In image based techniques, an image is segmented into multiple segments. Each segment is a connected component of pixels with similar characteristics. The statistical features of connected components are utilised to group them and form the text. Machine learning approaches such as support vector machine and convolutional neural networks are used to classify the components into text and non-text.
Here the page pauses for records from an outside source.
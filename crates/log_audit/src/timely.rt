//! Whether outputs arrive after the inputs that they count.
ghost use Rattle.std.specs.Prelude.{◌≡◌, ◌≤◌, ◌==◌, ℕ, List, true, if◌then◌else◌};
ghost use Rattle.mount_log.specs.declared.logs.SentLine.{SentLine as Line};
ghost use Rattle.mount_log.specs.Arrivals.{sent_before};
ghost use Rattle.log_audit.specs.Arriving.{IsTimely, AreTimely, IsLow, ArePassed, SentInOrder};
ghost use Rattle.mount_log.specs.Heads.{head_of, heads_of};

use mount_log::heads::{Head, head_at};
use mount_log::{HubEvent, SentLine};

/// How many lines were passed, and how many of them were sent to a brick.
#[derive(Clone, Copy)]
pub struct Passed {
    pub next: usize,
    pub count: usize,
}

// Counts a line, if it was sent to the brick.
fn sent_to_it(line: &SentLine, brick: u8) -> usize
    ensures value { result ≡ (if line.now.brick == brick then 1 else 0) }
    ensures few { result ≤ 1 }
{
    if line.brick == brick { 1 } else { 0 }
}

// The lines that were sent before an event are passed, behind those that were passed before an earlier one.
fn pass_to(brick: u8, sent: &[SentLine], number: u64, passed: Passed, before: u64) -> Passed
    requires low { IsLow brick before sent.now passed }
    requires later { before ≤ number }
    ensures low { IsLow brick number sent.now result }
    ensures passed { ArePassed number sent.now result }
{
    let mut now = passed;
    while now.next < sent.len() {
        let line = &sent[now.next];
        if line.event >= number {
            return now;
        }
        now = Passed {
            next: now.next + 1,
            count: now.count + sent_to_it(line, brick),
        };
    }
    now
}

// Whether what arrives in an event is timely, by its head, where so many inputs were sent to the brick before.
fn is_timely(brick: u8, event: &HubEvent, head: Head, many: usize) -> bool
    requires { head ≡ head_of event.now }
    ensures sound { result ≡ true → (sent : List Line) (number : ℕ) → many ≤ sent_before number brick sent → IsTimely brick sent number event.now }
    ensures complete { (sent : List Line) (number : ℕ) → sent_before number brick sent ≤ many → IsTimely brick sent number event.now → result ≡ true }
{
    match event {
        HubEvent::Arrive { brick: from, .. } => {
            if *from != brick {
                return true;
            }
            head.taken <= many as u64
        }
        _ => true,
    }
}

/// Whether each output that arrives from a brick counts no more inputs than were sent to the brick before, by the heads of what
/// arrives. It may be false, too, where what was sent is not in the order of its events.
pub fn are_timely(brick: u8, events: &[HubEvent], heads: &[Head], sent: &[SentLine]) -> bool
    requires { heads.now ≡ heads_of events.now }
    ensures sound { result ≡ true → AreTimely brick events.now sent.now }
    ensures complete { SentInOrder events.now sent.now → AreTimely brick events.now sent.now → result ≡ true }
{
    let mut passed = Passed { next: 0, count: 0 };
    for k in 0..events.len() {
        passed = pass_to(brick, sent, k as u64 + 1, passed, k as u64);
        let Some(head) = head_at(heads, k) else {
            return false;
        };
        if !is_timely(brick, &events[k], head, passed.count) {
            return false;
        }
    }
    true
}
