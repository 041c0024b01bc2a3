// The accuracy that a subframe 1 states by its URA index.
#![tactic(auto)]

ghost use Rattle.std.specs.Prelude.{◌≡◌, map};
ghost use Rattle.accuracy.specs.Accuracy as Accuracy;
ghost use Rattle.accuracy.specs.Accuracy.{predicted, accuracy_answer, tenths, nearest_tenths, accuracy_for};

use answer::Refusal;
use record::{Record, Subframe1};

// A length in metres, or that no prediction exists. Document 01 names this form, so that the case of index 15 has a name.
#[derive(Clone, Copy, Debug)]
pub enum UserRangeAccuracy {
    Metres(f64),
    NoPrediction,
}

// The length for each index from 0 to 14.
const METRES: [f64; 15] = [
    2.0, 2.8, 4.0, 5.7, 8.0, 11.3, 16.0, 32.0, 64.0, 128.0, 256.0, 512.0, 1024.0, 2048.0, 4096.0,
];

// The lengths with their rule: each is the double nearest to the length that document 01 states.
fn metres_table() -> [f64; 15]
    ensures { result ≡ map nearest_tenths tenths }
{
    METRES
}

fn accuracy_for(ura: u32) -> UserRangeAccuracy
    ensures { predicted result ≡ accuracy_for ura }
{
    match metres_table().get(ura as usize) {
        Some(metres) => UserRangeAccuracy::Metres(*metres),
        None => UserRangeAccuracy::NoPrediction,
    }
}

// The accuracy of a record that the writer takes.
#[tactic(auto, unfolding(crate::specs::Accuracy::accuracy, answer::specs::Answer::refuse_if, writable::specs::Check::check_writable))]
pub fn accuracy(r: Subframe1) -> Result<UserRangeAccuracy, Refusal>
    ensures { accuracy_answer result ≡ Accuracy.accuracy r }
{
    writable::check_writable(Record::Subframe1(r))?;
    Ok(accuracy_for(r.ura))
}
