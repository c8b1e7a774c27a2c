// Sheets.
ghost use Rattle.sheet_run.specs.Run.{sheet_state};
ghost use Rattle.exports.specs.Calls.{GivesOn};

use counts::{Counts, tell};

// Runs the sheet that the bytes are, on the memory at their end; any other bytes are refused as 13.
pub fn qspi_sheet(bytes: &mut [u8], log: &mut [u32], counts: &mut Counts) -> u32
    ensures { GivesOn (sheet_state bytes.old log.old) log.new bytes.new result counts.new }
{
    let p = sheet_run::run(bytes, log);
    tell(p, counts)
}
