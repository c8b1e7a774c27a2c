// The functions of the library to link, on numbers and slices; exports_c gives them their C names. None asks anything
// of its caller.
#![tactic(auto)]

ghost use Rattle.std.specs.Prelude.{◌≡◌};
ghost use Rattle.config_numbers.specs.Limit.{default_limit};

pub mod calls;
pub mod clocks;
pub mod open;
pub mod sheets;
pub mod transaction;

// The Rust's limit: the unready poll of this number in one wait gives 1.
pub fn qspi_default_limit() -> u32
    ensures { result ≡ default_limit }
{
    config_numbers::default_limit()
}
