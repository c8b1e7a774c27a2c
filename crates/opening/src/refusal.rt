// What an opening refuses before any access.
ghost use Rattle.std.specs.Prelude.{◌≡◌, not, ◌&&◌};
ghost use Rattle.access.specs.Of.{Refuses};
ghost use Rattle.config.specs.Config.{is_qpi};
ghost use Rattle.opening.specs.Call.{opening_refusal};

use super::Opening;
use config::{QspiError, WorkMode};
use std::num::NonZeroU32;

fn lacks_qpi(work_mode: WorkMode, qpi: bool) -> bool
    ensures { result ≡ (is_qpi work_mode && not qpi) }
{
    work_mode.is_qpi() && !qpi
}

// 3, 4, 5, 14, 23 or 7, in this order; else the limit.
#[tactic(auto, unfolding(crate::specs::Call::opening_refusal))]
pub fn refused(limit: u32, opening: Opening) -> Result<NonZeroU32, QspiError>
    ensures { Refuses limit (opening_refusal opening limit) result }
{
    let config = opening.config;
    if !config.mode.is_supported() {
        return Err(QspiError::SpiMode);
    }
    if opening.instance > 3 {
        return Err(QspiError::Instance);
    }
    if lacks_qpi(config.work_mode, opening.qpi) {
        return Err(QspiError::Qpi);
    }
    if opening.core_hz == 0 {
        return Err(QspiError::Cycles);
    }
    if !clock::has_clock(opening.clock_tree.pll_fra0) {
        return Err(QspiError::NoClock);
    }
    NonZeroU32::new(limit).ok_or(QspiError::Limit)
}
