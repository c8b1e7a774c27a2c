// Opening and release of the bus, as a user calls them: `new` and `free` of blocking.rs.
#![tactic(auto)]

ghost use Rattle.std.specs.Prelude.{◌≡◌, ◌<◌};
ghost use Rattle.clock.specs.Answer.{sck};
ghost use Rattle.access.specs.Makes.{Makes};
ghost use Rattle.opening.specs.Steps.{opening_steps, release_steps};
ghost use Rattle.opening.specs.Call.{opened_with, Opens, Releases};

use access::{Progress, RegisterBlock};
use clock::{Choice, DividerSelect};
use config::{QspiConfig, QspiError};
use configure::{controller, module_clock};
use setups::clock_word;
use std::num::NonZeroU32;

pub mod refusal;

// The clocks that an opening is told, in Hz.
#[derive(Clone, Copy)]
pub struct ClockTree {
    pub pll_fra0: u32,
    pub osc_24m: u32,
}

// What is opened: everything that an opening is given but its limit and its answers.
#[derive(Clone, Copy)]
pub struct Opening {
    pub instance: u32,
    // The chip has QPI.
    pub qpi: bool,
    // The rate of the core, in Hz, whose cycles a delay record counts.
    pub core_hz: u32,
    pub config: QspiConfig,
    pub clock_tree: ClockTree,
}

// How an opening ended, and the rate of its bus where it is done.
#[derive(Clone, Copy)]
pub struct Opened {
    pub progress: Progress,
    pub sck_hz: Option<u32>,
}

// The rate that dividers give.
fn rate(pll: u32, mod_div: u8, divider: DividerSelect) -> u32
    ensures { result ≡ (sck pll mod_div divider).hz }
{
    clock::actual_sck(pll, mod_div, divider).unwrap_or(0)
}

// The steps of an opening: `new` after its tests and its choice of clock.
fn new(
    block: &mut RegisterBlock<'_>,
    opening: Opening,
    choice: Choice,
    sck_hz: u32,
) -> Result<(), QspiError>
    requires { opening.instance < 4 }
    ensures { Makes (opening_steps opening.instance choice.mod_div choice.divider sck_hz opening.clock_tree.osc_24m opening.config) block.old block.new result }
{
    let Opening {
        instance,
        config,
        clock_tree,
        ..
    } = opening;
    module_clock::enable_module_clock(block, instance, choice.mod_div)?;
    controller::configure_registers(block, config, choice.divider, sck_hz, clock_tree.osc_24m)?;
    controller::init_fifos(block)
}

// The rate only where the opening is done.
fn with_rate(progress: Progress, sck_hz: u32) -> Opened
    ensures { result ≡ opened_with sck_hz progress }
{
    Opened {
        progress,
        sck_hz: progress.ended.ok().map(|()| sck_hz),
    }
}

// Opens the bus of an instance.
pub fn open(limit: u32, log: &mut [u32], answers: &[u32], opening: Opening) -> Opened
    ensures { Opens opening limit answers.now log.old result log.new }
{
    let limit = match refusal::refused(limit, opening) {
        Ok(limit) => limit,
        Err(error) => {
            return Opened {
                progress: Progress::refused(error),
                sck_hz: None,
            };
        }
    };
    let pll = opening.clock_tree.pll_fra0;
    let choice = clock::select_clock(pll, clock::clamp_target(opening.config.freq));
    let sck_hz = rate(pll, choice.mod_div, choice.divider);
    let mut block = RegisterBlock::new(limit, log, answers);
    let ended = new(&mut block, opening, choice, sck_hz);
    with_rate(block.progress(ended), sck_hz)
}

// Disables the clock of an instance and resets its module.
#[tactic(auto, unfolding(crate::specs::Steps::release_steps))]
fn release(block: &mut RegisterBlock<'_>, instance: u32) -> Result<(), QspiError>
    ensures { Makes (release_steps instance) block.old block.new result }
{
    clock_word::disable(block, module_clock::clock_place(instance))
}

// Disables the clock of an instance and resets its module; without a wait, at any limit.
pub fn free(instance: u32, log: &mut [u32], answers: &[u32]) -> Progress
    ensures { Releases instance answers.now log.old result log.new }
{
    let mut block = RegisterBlock::new(NonZeroU32::MIN, log, answers);
    let ended = release(&mut block, instance);
    block.progress(ended)
}
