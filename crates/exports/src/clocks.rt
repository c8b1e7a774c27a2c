// The clock: its choice, its rate, the dummies that it asks for.
ghost use Rattle.std.specs.Prelude.{◌≡◌};
ghost use Rattle.clock.specs.Rank.{choice};
ghost use Rattle.clock.specs.Dummies.{dummies};
ghost use Rattle.clock_numbers.specs.Dividers.{sck_of, Answered};
ghost use Rattle.exports.specs.Clocks.{Selected};

// The dividers nearest to a target: the module divider, the kind (1 for Cdr1, 2 for Cdr2) and its count.
pub fn qspi_select_clock(pll: u32, target: u32, mod_div: &mut u32, kind: &mut u32, count: &mut u32)
    ensures { Selected (choice pll target) mod_div.new kind.new count.new }
{
    let c = clock::select_clock(pll, target);
    let divider = c.divider;
    *mod_div = c.mod_div as u32;
    *kind = clock_numbers::kind_of(divider);
    *count = clock_numbers::count_of(divider);
}

// The rate that dividers give, with number 0; or number 12 and rate 0.
pub fn qspi_actual_sck(pll: u32, mod_div: u32, kind: u32, count: u32, rate: &mut u32) -> u32
    ensures { Answered (sck_of pll mod_div kind count) result rate.new }
{
    match clock_numbers::actual_sck(pll, mod_div, kind, count) {
        Ok(hz) => {
            *rate = hz;
            0
        }
        Err(error) => {
            *rate = 0;
            error.number()
        }
    }
}

// The dummy bytes of a quad read at a rate.
pub fn qspi_dummy_bytes_for(hz: u32, tclqv_ns: u32, margin: u8) -> u8
    ensures { result ≡ dummies hz tclqv_ns margin }
{
    clock::dummy_bytes_for(hz, tclqv_ns, margin)
}
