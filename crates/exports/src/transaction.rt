// Transactions.
ghost use Rattle.chain.specs.Transaction.{outcome, transaction};
ghost use Rattle.exports.specs.Calls.{GivesOn};

use counts::{Counts, tell};

// Operations on the lent memory: records of eight words, kinds 1 to 5, checked along the chain before any access. The
// delays are in cycles of the core rate.
pub fn qspi_transaction(
    limit: u32,
    core_hz: u32,
    log: &mut [u32],
    answers: &[u32],
    memory: &mut [u8],
    words: &[u32],
    counts: &mut Counts,
) -> u32
    ensures { GivesOn (outcome (transaction core_hz words.now) limit answers.now log.old memory.old) log.new memory.new result counts.new }
{
    let p = chain::transaction(limit, core_hz, log, answers, memory, words);
    tell(p, counts)
}
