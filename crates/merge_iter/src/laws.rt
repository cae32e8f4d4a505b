//! Laws of what a number sees. Each function runs nothing; its contract is the law.

ghost use Rattle.merge_iter.specs.Seeing.{ShowsVisible};

/// What a number sees of sorted entries are the rows that their map shows at it.
pub fn law_visible()
    ensures { ShowsVisible }
{}
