/// Writes the table of these entries, seals it, and gives its row.
fn write_row<M: Maker>(
    alloc: Global,
    maker: &mut M,
    options: &Options,
    number: u64,
    level: u8,
    entries: &[Entry],
) -> Result<TableRow, TripFault>
    requires sorted { AreSorted entries.now }
    requires some { 0 < length entries.now }
    // what it gives
    ensures row { IfOk result (λ row. IsRowWritten row options.now.block_bytes entries.now) }
    ensures number { IfOk result (λ row. row.number ≡ number) }
    // what it leaves
    ensures sealed { OnOk result (IsTrue M.File.tells → M.sealed maker.new
        ≡ with_table number (table_bytes options.now.block_bytes number entries.now)
        (M.sealed maker.old)) }
    ensures others { IsTrue M.File.tells → (n : ℕ) → (n ≡ number → ⊥) →
        M.sealed maker.new n ≡ M.sealed maker.old n }
    // when it fails
    ensures limit { IfErr result (LimitsTrip options.now.block_bytes entries.now) }
    ensures undamaged { IfErr result (λ why. TellsDamage why → ⊥) }
    ensures later { M.faults maker.old ≤ M.faults maker.new }
    ensures cause { result ≡ Err Fault → Rose (M.faults maker.old) (M.faults maker.new) }
    // what stays
    ensures gone { M.gone maker.new ≡ M.gone maker.old }
{
    let mut writer = match TableWriter::new(alloc, options) {
        Ok(writer) => writer,
        Err(_) => return Err(TripFault::Memory),
    };
    let table = match write(&mut writer, maker, number, level, entries) {
        Ok(table) => table,
        Err(why) => return Err(TripFault::from(why)),
    };
    let row = match table.row().copy(alloc) {
        Ok(row) => row,
        Err(_) => return Err(TripFault::Memory),
    };
    length_of(&row);
    Ok(row)
}

/// Writes the table of these entries through a maker of the devices, and gives its row.
fn written<D: Devices>(
    alloc: Global,
    devices: &mut D,
    options: &Options,
    number: u64,
    level: u8,
    entries: &[Entry],
) -> Result<TableRow, TripFault>
    requires sorted { AreSorted entries.now }
    requires some { 0 < length entries.now }
    // what it gives
    ensures row { IfOk result (λ row. IsRowWritten row options.now.block_bytes entries.now) }
    ensures number { IfOk result (λ row. row.number ≡ number) }
    // what it leaves
    ensures kept { OnOk result (IsTrue D.F.tells → (D.tables_told devices.new).kept number
        ≡ Some (table_bytes options.now.block_bytes number entries.now)) }
    ensures there { OnOk result
        (IsTrue D.F.tells → StaysOrGoes (D.tables_told devices.old).tally.gone number
        (Some (table_bytes options.now.block_bytes number entries.now))
        ((D.tables_told devices.new).files.sealed number)) }
    ensures others { IsTrue D.F.tells → (n : ℕ) → (n ≡ number → ⊥) →
        (D.tables_told devices.new).kept n ≡ (D.tables_told devices.old).kept n }
    // when it fails
    ensures limit { IfErr result (LimitsTrip options.now.block_bytes entries.now) }
    ensures undamaged { IfErr result (λ why. TellsDamage why → ⊥) }
    ensures later { min (D.tables_told devices.old).faults (2 ^ 64 - 1)
        ≤ (D.tables_told devices.new).faults }
    ensures cause { result ≡ Err Fault →
        Rose (D.tables_told devices.old).faults (D.tables_told devices.new).faults }
    // what stays
    ensures stays { ChangesTables D.Devices devices.old devices.new }
{
    let mut maker = match devices.maker() {
        Ok(maker) => maker,
        Err(_) => return Err(TripFault::Fault),
    };
    let made = write_row(alloc, &mut maker, options, number, level, entries);
    devices.back_maker(maker);
    made
}

/// Walks the table of a row through a port of the devices.
fn walked<D: Devices>(
    alloc: Global,
    devices: &mut D,
    row: TableRow,
) -> Result<List<Entry>, TripFault>
    // what it gives
    ensures told { (full : ℕ) (es : List Entry) → IsTrue D.F.tells → IsRowWritten row full es →
        ((bytes : List ℕ) → (D.tables_told devices.old).files.sealed row.number ≡ Some bytes →
        bytes ≡ table_bytes full row.number es) → IfOk result (λ seen. seen ≡ es) }
    ensures spans { IfOk result (λ seen. SpansRow row seen) }
    // when it fails
    ensures undamaged { (full : ℕ) (es : List Entry) → IsTrue D.F.tells → IsRowWritten row full es →
        (D.tables_told devices.old).files.sealed row.number
        ≡ Some (table_bytes full row.number es) → IfErr result (λ why. TellsDamage why → ⊥) }
    ensures absent { (full : ℕ) (es : List Entry) → IsTrue D.F.tells → IsRowWritten row full es →
        ((bytes : List ℕ) → (D.tables_told devices.old).files.sealed row.number ≡ Some bytes →
        bytes ≡ table_bytes full row.number es) →
        IfErr result (TellsOf (λ number at. at ≡ 0)) }
    ensures damaged { IfErr result (TellsTable row.number) }
    ensures within { IfErr result (TellsOf (λ number at. at ≤ row.bytes)) }
    ensures unlimited { IfErr result
        (λ why. (full : ℕ) (es : List Entry) → LimitsTrip full es why) }
    ensures cause { result ≡ Err Fault →
        Rose (D.tables_told devices.old).faults (D.tables_told devices.new).faults }
    // what stays
    ensures kept { (D.tables_told devices.new).kept ≡ (D.tables_told devices.old).kept }
    ensures stays { ChangesTables D.Devices devices.old devices.new }
{
    let port = match devices.port() {
        Ok(port) => port,
        Err(_) => return Err(TripFault::Fault),
    };
    let (port, seen) = walk_row(alloc, port, row);
    devices.back_port(port);
    seen
}

/// Writes the table of these entries, which ascend, opens it again from its file by its row, and
/// gives what a walk from its first entry to its end shows.
///
/// `Fault` comes only where the devices' count of faults of tables rose, `Limit` only where a
/// table of the entries would pass the limit. `Damaged` tells the number and a place within the table's
/// length; over devices that tell their bytes it comes never where no table of the number was taken
/// away, and else only where the file isn't there, with place 0.
pub fn round_trip<D: Devices>(
    alloc: Global,
    devices: &mut D,
    options: &Options,
    number: u64,
    level: u8,
    entries: &[Entry],
) -> Result<List<Entry>, TripFault>
    requires sorted { AreSorted entries.now }
    requires some { 0 < length entries.now }
    // what it gives
    ensures same { IfOk result (λ seen. IsTrue D.F.tells → seen ≡ entries.now) }
    ensures spans { IfOk result (λ seen. SpansEntries entries.now seen) }
    // what it leaves
    ensures kept { OnOk result (IsTrue D.F.tells → (D.tables_told devices.new).kept number
        ≡ Some (table_bytes options.now.block_bytes number entries.now)) }
    ensures others { IsTrue D.F.tells → (n : ℕ) → (n ≡ number → ⊥) →
        (D.tables_told devices.new).kept n ≡ (D.tables_told devices.old).kept n }
    // when it fails
    ensures limit { IfErr result (LimitsTrip options.now.block_bytes entries.now) }
    ensures undamaged { IsTrue D.F.tells →
        is_gone (D.tables_told devices.old).tally.gone number ≡ false →
        IfErr result (λ why. TellsDamage why → ⊥) }
    ensures absent { IsTrue D.F.tells → IfErr result (TellsOf (λ n at. at ≡ 0)) }
    ensures damaged { IfErr result (TellsTable number) }
    ensures within { IfErr result (TellsOf (λ n at.
        at ≤ length (table_bytes options.now.block_bytes number entries.now))) }
    ensures cause { result ≡ Err Fault →
        Rose (D.tables_told devices.old).faults (D.tables_told devices.new).faults }
    // what stays
    ensures stays { ChangesTables D.Devices devices.old devices.new }
{
    match written(alloc, devices, options, number, level, entries) {
        Ok(row) => walked(alloc, devices, row),
        Err(why) => Err(why),
    }
}
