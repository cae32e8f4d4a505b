//! Several cursors as one, and what a number sees of them.
//!
//! The layers above hand in cursors, walk over the entries of all of them in order, in either direction,
//! and get the cursors back. They may not know in which order the cursors are moved.
#![tactic(auto)]

mod choosing;
mod laws;
mod merge;
mod moving;
mod step;
#[cfg(test)]
mod tests;
#[cfg(test)]
mod trial_cursor;
mod visible;

pub use laws::law_visible;
pub use merge::Merge;
pub use visible::Visible;
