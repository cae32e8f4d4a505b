//! Where an input goes next.

/// A move of an input of a merge.
#[derive(Clone, Copy, Debug, PartialEq, Eq)]
pub enum Step {
    /// To the first entry.
    First,
    /// To the last entry.
    Last,
    /// One entry on, and from no place to the first.
    Next,
    /// One entry back, and from no place to the last.
    Previous,
}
In frequency based techniques, discrete Fourier transform (DFT) or discrete wavelet transform (DWT) are used to extract the high frequency coefficients. It is assumed that the text present in an image has high frequency components and selecting only the high frequency coefficients filters the text from the non-text regions in an image.

Word recognition

In word recognition, the text is assumed to be already detected and located and the rectangular bounding box containing the text is available. The word present in the bounding box needs to be recognized. The methods available to perform word recognition can be broadly classified into top-down and bottom-up approaches.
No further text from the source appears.